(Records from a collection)

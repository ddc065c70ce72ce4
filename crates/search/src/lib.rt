// What is sought in the part of the store that belongs to one file: the lowest record from an ISN on, and a value in another record.
#![tactic(auto)]

ghost use Rattle.std.specs.Prelude.{◌≡◌, ◌+◌, ◌*◌, ◌≤◌, ◌<◌, length};
ghost use Rattle.lists.specs.Folds.{any};
ghost use Rattle.lists.specs.Numbers.{from_to};
ghost use Rattle.store.specs.Store.{recorded};
ghost use Rattle.search.specs.Search.{first_of, held, has_field, lowest, elsewhere};

use definition::File;

// The first slot with a record, of those from `from` to `last`.
#[tactic(auto, using(lists::specs::Numbers::from_to_more, lists::specs::Numbers::from_to_none, store::specs::Slots::recorded_here, store::specs::Slots::slot_room))]
fn first_record(part: &[u8], size: usize, from: usize, last: usize) -> Option<u16>
    requires le_size { 1 ≤ size }
    requires le_from { 1 ≤ from }
    requires last_bound { last < 65536 }
    requires size_in_bounds { last * size ≤ length part.now }
    ensures { result ≡ first_of (recorded last size part.now) (from_to from last) }
{
    for isn in from..=last {
        if part[(isn - 1) * size] == 1 {
            return Some(isn as u16);
        }
    }
    None
}

// The lowest ISN at or above `from` that has a record (option `I`).
pub fn lowest(f: File, part: &[u8], from: u16) -> Option<u16>
    ensures { result ≡ lowest f part.now from }
{
    let size = records::slot_length(f);
    let last = store::slot_count(f, part.len());
    if from == 0 {
        return first_record(part, size, 1, last);
    }
    first_record(part, size, usize::from(from), last)
}

// Whether the slot that begins at `at` has a record with the value at an offset.
fn has_field(part: &[u8], at: usize, offset: usize, value: &[u8]) -> bool
    requires { at + 1 + offset + length value.now ≤ length part.now }
    ensures { result ≡ has_field part.now at offset value.now }
{
    let start = at + 1 + offset;
    part[at] == 1 && slices::same(&part[start..start + value.len()], value)
}

// Whether a slot other than `isn`, of those up to `last`, has a record with the value at an offset.
#[tactic(auto, using(lists::specs::Numbers::from_to_none, store::specs::Slots::slot_room))]
fn other_has(part: &[u8], size: usize, last: usize, isn: usize, offset: usize, value: &[u8]) -> bool
    requires last_bound { last < 65536 }
    requires size_in_bounds { last * size ≤ length part.now }
    requires value_bound { 1 + offset + length value.now ≤ size }
    ensures { result ≡ any (held last size part.now isn offset value.now) (from_to 1 last) }
{
    for other in 1..=last {
        if other != isn && has_field(part, (other - 1) * size, offset, value) {
            return true;
        }
    }
    false
}

// Whether a record of the file, at an ISN other than the given one, has the value in the field at a place.
pub fn elsewhere(f: File, part: &[u8], place: usize, isn: u16, value: &[u8]) -> bool
    ensures { result ≡ elsewhere f part.now place isn value.now }
{
    if definition::field_count(f) <= place {
        return false;
    }
    if value.len() != records::field_length(f, place) {
        return false;
    }
    let offset = records::field_offset(f, place);
    let size = records::slot_length(f);
    let last = store::slot_count(f, part.len());
    other_has(part, size, last, usize::from(isn), offset, value)
}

→ **TASK ITEM**: Search the entries above for the word "result", and copy every line where it occurs.

→ **TASK ANSWER**:
    ensures { result ≡ first_of (recorded last size part.now) (from_to from last) }
    ensures { result ≡ lowest f part.now from }
    ensures { result ≡ has_field part.now at offset value.now }
    ensures { result ≡ any (held last size part.now isn offset value.now) (from_to 1 last) }
    ensures { result ≡ elsewhere f part.now place isn value.now }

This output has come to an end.